Un taxi se detiene justo cuando algunas gotas de lluvia empiezan a caer. Cuando sube su equipaje e ingresa en el auto Claudia se da cuenta de lo mucho que le sudan las manos. Recuerda que debe tomar sus pastillas. No quiere aceptarlo, pero está nerviosa. Lo está desde que bajó del avión, o tal vez desde que dejó Bogotá. Nunca antes había sentido deseos de vomitar durante un despegue, pero son otros tiempos y no es la misma. Treinta años atrás era fuerte, tenía nervios de piedra, no se sentía ansiosa por un viaje de tres horas. Ahora respira hondo, intranquila, y mientras el taxi avanza, recuerda.
—Cuando te conocí —le dijo Lucas hace más de diez años, cuando se encontraron en Bangkok—, eras indestructible. Estabas completamente convencida del poder del cine militante y del video activismo.
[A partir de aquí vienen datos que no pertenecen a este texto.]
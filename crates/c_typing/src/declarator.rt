// Declarators: the name in one, and the type that it makes of the type that the specifiers name.
ghost use Rattle.std.specs.Prelude.{◌≡◌, IfOk};
ghost use Rattle.std.specs.Option.{option_copied};
ghost use Rattle.c_typing.specs.Declarators as spec;

use crate::base::{base_type, kids, name};
use c_terms::{Label, NoMemory, Text, Token, TokenKind, Tree};
use c_types::Ty;
use sqlite_items::Boxed;
use std::alloc::Global;

/// Returns the declarator inside another one, inside `d = 1`, or inside `d : 3`.
fn inner(label: Label, children: &[Tree]) -> Option<&Tree>
    ensures { option_copied result ≡ spec.inner label children.now }
{
    match label {
        Label::Pointer => children.last(),
        Label::DParen => children.get(1),
        Label::DArray | Label::DFun | Label::InitDecl | Label::Bits => children.get(0),
        _ => None,
    }
}

/// Returns the name that a declarator declares, if there is one. Recurses once per level.
#[tactic(auto, using(crate::proofs::FoldLemmas::name_leaf, crate::proofs::FoldLemmas::name_branch))]
pub(crate) fn declared_name(declarator: &Tree) -> Option<&Text>
    ensures { option_copied result ≡ spec.declared_name declarator.now }
{
    match declarator {
        Tree::Leaf(_) => name(declarator),
        Tree::Branch(label, children) => match inner(*label, children.as_slice()) {
            Some(within) => declared_name(within),
            None => None,
        },
    }
}

/// Returns the token of the name that a declarator declares, if there is one. Takes no memory, and recurses once per level.
#[tactic(auto, using(crate::proofs::FoldLemmas::token_branch))]
pub fn declarator_name(declarator: &Tree) -> Option<&Token>
    ensures value { option_copied result ≡ spec.declared_token declarator.now }
{
    match declarator {
        Tree::Leaf(token) => {
            if token.kind == TokenKind::Name {
                Some(token)
            } else {
                None
            }
        }
        Tree::Branch(label, children) => match inner(*label, children.as_slice()) {
            Some(within) => declarator_name(within),
            None => None,
        },
    }
}

/// Returns the type that one part of a declarator makes of a type.
fn derived(alloc: Global, label: Label, ty: Ty) -> Result<Ty, NoMemory>
    ensures { IfOk result (λ derived. derived ≡ spec.derived label ty) }
{
    match label {
        Label::Pointer => Ok(Ty::Ptr(Boxed::new(alloc, ty)?)),
        Label::DArray => Ok(Ty::Array(Boxed::new(alloc, ty)?)),
        Label::DFun => Ok(Ty::Fun(Boxed::new(alloc, ty)?)),
        _ => Ok(ty),
    }
}

/// Returns the type that a declarator makes of a type. Recurses once per level.
#[tactic(auto, using(crate::proofs::FoldLemmas::shaped_leaf, crate::proofs::FoldLemmas::shaped_branch))]
fn shaped(alloc: Global, declarator: &Tree, ty: Ty) -> Result<Ty, NoMemory>
    ensures { IfOk result (λ shaped. shaped ≡ spec.shaped declarator.now ty) }
{
    match declarator {
        Tree::Leaf(_) => Ok(ty),
        Tree::Branch(label, children) => {
            let outer = derived(alloc, *label, ty)?;
            match inner(*label, children.as_slice()) {
                Some(within) => shaped(alloc, within, outer),
                None => Ok(outer),
            }
        }
    }
}

/// Returns the type that a declaration with these specifiers gives to the name in the declarator, or to an object without
/// a name. There is none if the specifiers name a structure, union or enumeration without a tag, or are a metavariable.
/// Linear. Recurses once per level of the declarator.
pub fn declared(
    alloc: Global,
    specs: &Tree,
    declarator: Option<&Tree>,
) -> Result<Option<Ty>, NoMemory>
    ensures value { IfOk result (λ ty. ty ≡ spec.declared specs.now (option_copied declarator.entry)) }
{
    match base_type(alloc, specs)? {
        Some(base) => match declarator {
            Some(declarator) => Ok(Some(shaped(alloc, declarator, base)?)),
            None => Ok(Some(base)),
        },
        None => Ok(None),
    }
}

/// Returns the list of parameters next to the name in the declarator of a function: the innermost one. Recurses once per
/// level.
#[tactic(auto, using(crate::proofs::FoldLemmas::params_leaf, crate::proofs::FoldLemmas::params_branch))]
pub(crate) fn function_params(declarator: &Tree) -> Option<&Tree>
    ensures { option_copied result ≡ spec.function_params declarator.now }
{
    match declarator {
        Tree::Leaf(_) => None,
        Tree::Branch(label, children) => {
            let deeper = match inner(*label, children.as_slice()) {
                Some(within) => function_params(within),
                None => None,
            };
            match deeper {
                Some(params) => Some(params),
                None => own_params(*label, children.as_slice()),
            }
        }
    }
}

/// Returns the list of parameters that one part of a declarator has.
fn own_params(label: Label, children: &[Tree]) -> Option<&Tree>
    ensures { option_copied result ≡ spec.own_params label children.now }
{
    match label {
        Label::DFun => children.get(children.len().saturating_sub(2)),
        _ => None,
    }
}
En el recuerdo ambos están tomando sato cerca del Santuario de Erawan. El hombre lleva un saco gris y usa un nuevo estilo de lentes, unos de montura gruesa y cristales fotocromáticos. Continúa hablando:
—Aunque era bastante conservador al principio, te seguía el juego y cambiaba mis opiniones a tu antojo.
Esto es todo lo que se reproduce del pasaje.